The Best Mobile Controllers for Gaming on the Go - Latest Global News

The Best Mobile Controllers for Gaming on the Go

There are several other mobile controllers we tested that narrowly missed a spot at the top or failed to make the grade, and a few that we plan to test soon.

Turtle Beach Atom Controller for $80: With a clever two-piece design, this controller folds neatly, but feels unsteady without a back. The clamps on both sides are awkward, especially on phones with large camera modules. I had problems with the connection and I don’t like that the right side has to be turned on separately (press the B and Menu buttons). The right side connects wirelessly (2.4GHz), but the controller connects to your phone via Bluetooth. Most of the time it worked well for me, but when I played Jydge, The movement was reversed on the left stick. The battery life is around 20 hours. Charging takes about two hours. If portability is important to you, this is it May be worth a look.

GameSir T4 Cyclone for $40: Relatively affordable, with a grippy surface and hall effect joysticks, this is a solid controller. There are a few programmable buttons on the back, rumble motors in the handles, and a handy multi-function button. It also supports Bluetooth, 2.4GHz with an optional dongle and USB-C connections. But the battery is only 860mAh, the GameSir app is flaky and the LED is annoyingly bright.

GuliKit KingKong 2 Pro for $70: This controller has been replaced by GuliKit’s new model, is slightly cheaper and is still a good choice for people who don’t care about backpaddles. It has reverb effect sticks, a programmable button, and most of the other features that the KK Max 3 listed above offers.

Nacon MG-X Pro for $88: It feels like Nacon cutting an Xbox controller in half to fit an extendable phone holder, but if you want that style of controller, we recommend the GameSir G8 listed above. The MG-X Pro is slightly roomier, but the G8 is superior in every other way.

PowerA Moga XP Ultra for $107: I love the idea of ​​combining tons of options into one controller, and PowerA’s crazy Moga XP Ultra is definitely versatile. It works wirelessly with your Xbox, Windows PC, or Android phone and offers solid battery life (up to 40 hours via Bluetooth or 60 hours for Xbox). But the fiddly mini controller, which slides out Transformer-style for gaming on the go, is too small and difficult to grip. The buttons, triggers and sticks are all fine and the clip works well for holding your phone, but the D-pad is stiff. All in all, it’s an expensive mix.

Razer Kishi V2 for $90: The Razer Kishi V2 is fine, but it’s slower, larger, and less sophisticated than the Backbone One. It is an expandable mobile controller available in Android and iPhone versions. Both can stream PlayStation or Xbox games and also work with Windows. But ultimately, the Backbone’s superior software and headphone jack make it the better choice. —Louryn Strampe

Riot PWR iOS Xbox Edition Cloud Gaming Controller for $25: An MFi-certified controller for iPhone or iPad gaming (older devices with a Lightning port) that features pass-through charging, direct Lightning cable connection, and a 3.5mm audio jack. It feels like an Xbox controller, supports Xbox Cloud Gaming or Remote Play, and comes with a free month of Game Pass Ultimate. The downside is that the cable is a bit messy. The Riot PWR MFi Controller for ($68) is almost identical, but without the bright green design and colored Xbox buttons. There is also a USB-C option.

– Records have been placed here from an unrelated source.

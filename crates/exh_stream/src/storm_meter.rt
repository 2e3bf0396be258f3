use crate::Terminal;
use crate::line::{CLEARED, storm_line};
use crate::pace::Pace;
use crate::storm_counts::StormCounts;
use std::sync::Mutex;
use std::sync::atomic::{AtomicU64, Ordering};

/// How far a storm is, told on one line of a terminal, at the times at which a `Meter` tells. Threads share it, and all
/// that they say is counted; one that comes while another is at the terminal leaves it to that one, and doesn't wait. It
/// takes no memory, and never fails.
#[derive(Drop)]
pub struct StormMeter<T: Terminal> {
    terminal: T,
    calls: AtomicU64,
    merges: AtomicU64,
    notices: AtomicU64,
    // None where the terminal's clock couldn't be read.
    pace: Mutex<Option<Pace>>,
}

impl<T: Terminal> StormMeter<T> {
    /// Of a storm that begins now.
    pub fn new(terminal: T) -> StormMeter<T> {
        let pace = terminal.milliseconds().map(Pace::new);
        StormMeter {
            terminal,
            calls: AtomicU64::new(0),
            merges: AtomicU64::new(0),
            notices: AtomicU64::new(0),
            pace: Mutex::new(pace),
        }
    }

    /// One call more was answered.
    pub fn answered(&self) {
        self.calls.fetch_add(1, Ordering::SeqCst);
        self.pass();
    }

    /// So many merges more were made.
    pub fn merged(&self, merges: u32) {
        self.merges.fetch_add(u64::from(merges), Ordering::SeqCst);
        self.pass();
    }

    /// So many notices more were carried.
    pub fn carried(&self, notices: u64) {
        self.notices.fetch_add(notices, Ordering::SeqCst);
        self.pass();
    }

    /// Takes the line away, where one stands. It may come again.
    pub fn clear(&mut self) {
        if let Some(pace) = self.pace.get_mut()
            && pace.stands
        {
            self.terminal.show(CLEARED);
            *pace = pace.clear();
        }
    }

    // Goes a step further, and shows the line, where that is due and no other thread is at it.
    fn pass(&self) {
        if let Some(mut guard) = self.pace.try_lock()
            && let Some(pace) = *guard
        {
            let (further, is_told) = pace.step(1, &self.terminal);
            if is_told {
                self.terminal.show(storm_line(self.counts()).as_slice());
            }
            *guard = Some(further);
        }
    }

    fn counts(&self) -> StormCounts {
        StormCounts {
            calls: self.calls.load(Ordering::SeqCst),
            merges: self.merges.load(Ordering::SeqCst),
            notices: self.notices.load(Ordering::SeqCst),
        }
    }
}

Turtle Beach Recon Cloud for $59: Here is another Xbox branded controller that supports Xbox Cloud Gaming and Remote Play and comes with a free month of Game Pass Ultimate. It feels good in the hand, has a solid phone clip, and works with Android, Xbox, and Windows. It also features some audio enhancements (when connected), programmable buttons, and a handy Pro Aim feature that reduces the sensitivity of the right stick for aiming in FPS games. It’s a good upgrade choice over the PowerA controller listed above, but only if you want the additional features.

GameSir X3 for $100: On paper, this is an upgrade over the X2, with refined buttons, more options for the joysticks and a fan on the back. However, I recommend the cheaper X2 Pro listed above instead, as the fan is bulkier, heavier and requires power via a dedicated USB-C port. (It has a separate USB-C port for pass-through charging of your phone.)

PowerA Moga XP7-X Plus for $85: This controller has everything the XP-5 does. It’s sturdy, offers lots of buttons (only one screenshot button is missing), and can charge your phone wirelessly. But it’s expensive, has a micro-USB port although I prefer USB-C, and only has a 2,000mAh battery, so stick with the XP-5

8BitDo SN30 Pro for $45: This controller brings back memories of the SNES and works with Android, Windows, MacOS and Switch. It has built-in rumble, a solid D-pad, good battery life, and a USB-C port.